# Dialer in Akte 04



## Fidul (7 Dezember 2004)

Im EPG wird gerade angekündigt, daß sich ein wohlbekannter Leuchtturm des  _investigativen_ Journalismus heute mit dem Thema Dialer befassen wird:


> Endlich der Video-Beweis - Wie versteckte Dialer-Programme Ihre Telefonrechnung in die Höhe treiben


7.12. 22:15 Sat.1


----------



## technofreak (7 Dezember 2004)

Die Sendung ist, denke ich (vorausgesetzt der Schneidetisch hat nicht wieder Überstunden eingelegt) 
dennoch empfehlenswert, da ein wirklicher Experte zu Wort kommen sollte, nicht der mittlerweise 
ausgemusterte  

tf


----------



## BenTigger (7 Dezember 2004)

Ohhh TF im Fernsehen... Dann werde ich den Abend vorm Fernseher verbringen


----------



## KatzenHai (7 Dezember 2004)

Es reicht, ab zehn.

Und tf mit Haaren (s. Avatar)??

Wieso eigentlich tf??


----------



## technofreak (7 Dezember 2004)

KatzenHai schrieb:
			
		

> Wieso eigentlich tf??


ist mir nichts von bekannt. 

tf 

PS: Avatare sind in der Regel keine naturnahen Portraits....


----------



## News (7 Dezember 2004)

technofreak schrieb:
			
		

> Avatare sind in der Regel keine naturnahen Portraits....


Stimmt...quak, quak 
Und manchmal werden sie sogar zur dunklen Seite der Macht entführt 
(rechts oben!) :cry:


----------



## Teleton (7 Dezember 2004)

technofreak schrieb:
			
		

> PS: Avatare sind in der Regel keine naturnahen Portraits....

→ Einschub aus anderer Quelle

//! Files of the host written, moved and removed.

use crate::hosts::{Came, Host, Stand};
use std::fs::{self, File};
use std::io::{self, ErrorKind, Write};
use std::path::Path;
use std::rt::Files;
use vk_base::TreePath;
use vk_tree::{Kind, MoveFault, RemoveFault};

impl<R: Files + AllocGlobal> Host<R> {
    /// Writes a file anew, in place of the one that stands there.
    pub(crate) fn write(&self, path: &TreePath, bytes: &[u8]) -> io::Result<()> {
        let path = self.text(path)?;
        self.write_at(path.as_str(), bytes)
    }

    fn write_at(&self, path: &str, bytes: &[u8]) -> io::Result<()> {
        if self.file(path)?.is_some() {
            fs::remove_file(&self.rt, path)?;
        }
        self.make_room(path)?;
        File::create_new(&self.rt, path)?.write_all(bytes)
    }

    /// Moves a file or a folder with files, never into or out of itself, and removes the folders
    /// that this empties.
    pub(crate) fn rename(&self, from: &TreePath, to: &TreePath) -> Came<(), MoveFault> {
        if from.begins(to) || to.begins(from) {
            return Err(ErrorKind::InvalidInput.into());
        }
        if self.kind(from)? == Kind::Absent {
            return Ok(Err(MoveFault::Missing));
        }
        if self.kind(to)? != Kind::Absent {
            return Ok(Err(MoveFault::Exists));
        }
        let (from, to) = (self.text(from)?, self.text(to)?);
        self.make_room(to.as_str())?;
        match fs::rename(&self.rt, from.as_str(), to.as_str()) {
            Ok(()) => self.remove_emptied(from.as_str()),
            Err(e) => return lost(e),
        }
        Ok(Ok(()))
    }

    /// Removes a file and the folders that this empties.
    pub(crate) fn remove(&self, path: &TreePath) -> Came<(), RemoveFault> {
        let path = self.text(path)?;
        if self.file(path.as_str())?.is_none() {
            return Ok(Err(RemoveFault::Missing));
        }
        fs::remove_file(&self.rt, path.as_str())?;
        self.remove_emptied(path.as_str());
        Ok(Ok(()))
    }

    // Removes folders without files that stand at a path, and makes those above it.
    fn make_room(&self, path: &str) -> io::Result<()> {
        match self.stand(path)? {
            Stand::Absent => {}
            Stand::Folder => self.remove_bare(path)?,
            Stand::File | Stand::Linked | Stand::Other => {
                return Err(ErrorKind::AlreadyExists.into());
            }
        }
        match Path::new(path).parent() {
            Some(parent) => fs::create_dir_all(&self.rt, parent),
            None => Ok(()),
        }
    }

    fn remove_bare(&self, folder: &str) -> io::Result<()> {
        let Some(folders) = self.bare_folders(folder)? else {
            return Err(ErrorKind::IsADirectory.into());
        };
        for folder in folders.iter().rev() {
            fs::remove_dir(&self.rt, folder.as_str())?;
        }
        Ok(())
    }

    // Removes the folders above a path, from the lowest, as long as they are empty.
    fn remove_emptied(&self, path: &str) {
        for folder in Path::new(path).ancestors().skip(1) {
            if fs::remove_dir(&self.rt, folder).is_err() {
                return;
            }
        }
    }
}

// Why a move failed: what stood there or didn't has changed meanwhile, or the host failed.
fn lost(e: io::Error) -> Came<(), MoveFault> {
    match e.kind() {
        ErrorKind::NotFound => Ok(Err(MoveFault::Missing)),
        ErrorKind::AlreadyExists | ErrorKind::DirectoryNotEmpty => Ok(Err(MoveFault::Exists)),
        _ => Err(e),
    }
}
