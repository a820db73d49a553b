//! What goes into the build of a package, whole or borrowed.
ghost use Rattle.std.specs.Prelude.{◌≡◌};
ghost use Rattle.vk_abi_text.specs.Views.{input_view, source_view};

use vk_base::{FeatureName, Instance, List, PortName, TripletName};
use vk_digest::Digest;
use vk_folder::FileDigest;
use vk_model::Builder;
use vk_version::Version;

/// What a package depends on directly.
#[derive(Drop)]
pub struct DepDigest {
    /// The instance.
    pub inst: Instance,
    /// The SHA-256 of its own ABI text.
    pub digest: Digest,
}

/// All that goes into the build of a package.
#[derive(Drop)]
pub struct AbiInput {
    /// Who builds it.
    pub builder: Builder,
    /// The port that is built.
    pub port: PortName,
    /// Its version.
    pub version: Version,
    /// Its features, `core` among them.
    pub features: List<FeatureName>,
    /// The triplet that it is built for.
    pub triplet: TripletName,
    /// The SHA-256 of the triplet's file.
    pub triplet_digest: Digest,
    /// Whether that triplet is the host's.
    pub native: bool,
    /// The files of the port's folder.
    pub files: List<FileDigest>,
    /// What it depends on directly.
    pub deps: List<DepDigest>,
}

/// The same, borrowed.
#[derive(Clone, Copy)]
pub struct AbiSource<'a> {
    /// Who builds it.
    pub builder: &'a Builder,
    /// The port that is built.
    pub port: &'a PortName,
    /// Its version.
    pub version: &'a Version,
    /// Its features, `core` among them.
    pub features: &'a [FeatureName],
    /// The triplet that it is built for.
    pub triplet: &'a TripletName,
    /// The SHA-256 of the triplet's file.
    pub triplet_digest: Digest,
    /// Whether that triplet is the host's.
    pub native: bool,
    /// The files of the port's folder.
    pub files: &'a [FileDigest],
    /// What it depends on directly.
    pub deps: &'a [DepDigest],
}

impl AbiInput {
    /// Its parts, borrowed.
    pub fn source(&self) -> AbiSource<'_>
        ensures { source_view result ≡ input_view self.now }
    {
        AbiSource {
            builder: &self.builder,
            port: &self.port,
            version: &self.version,
            features: self.features.as_slice(),
            triplet: &self.triplet,
            triplet_digest: self.triplet_digest,
            native: self.native,
            files: self.files.as_slice(),
            deps: self.deps.as_slice(),
        }
    }
}
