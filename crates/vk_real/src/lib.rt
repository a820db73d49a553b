//! The host's files as a tree, and a stream as a sink. They tell nothing of what they hold or took:
//! what they promise upwards is that an error of the host is counted and answered as one, but for
//! those by which the host says that something isn't there, or is there already.
#![tactic(auto)]

mod changing;
mod files;
mod hosts;
mod looking;
mod streams;

pub use files::FileTree;
pub use streams::OutSink;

Sag sowas Gemeines bloss nicht meiner Tochter, mein Avatar ist quasi ein Foto


----------



## KatzenHai (7 Dezember 2004)

:lol: 

meiner auch ...


----------



## haudraufundschluss (7 Dezember 2004)

KatzenHai schrieb:
			
		

> meiner auch ...


Ich sag´ jetzt nix...


----------



## BenTigger (7 Dezember 2004)

KatzenHai schrieb:
			
		

> Wieso eigentlich tf??



Na deswegen...



			
				technofreak schrieb:
			
		

> Die Sendung ist, denke ich dennoch empfehlenswert, da ein wirklicher Experte zu Wort kommen sollte, nicht der mittlerweise
> ausgemusterte.
> 
> tf



Naja der Ausgemusterte ist sicher nicht TF sondern PH oder??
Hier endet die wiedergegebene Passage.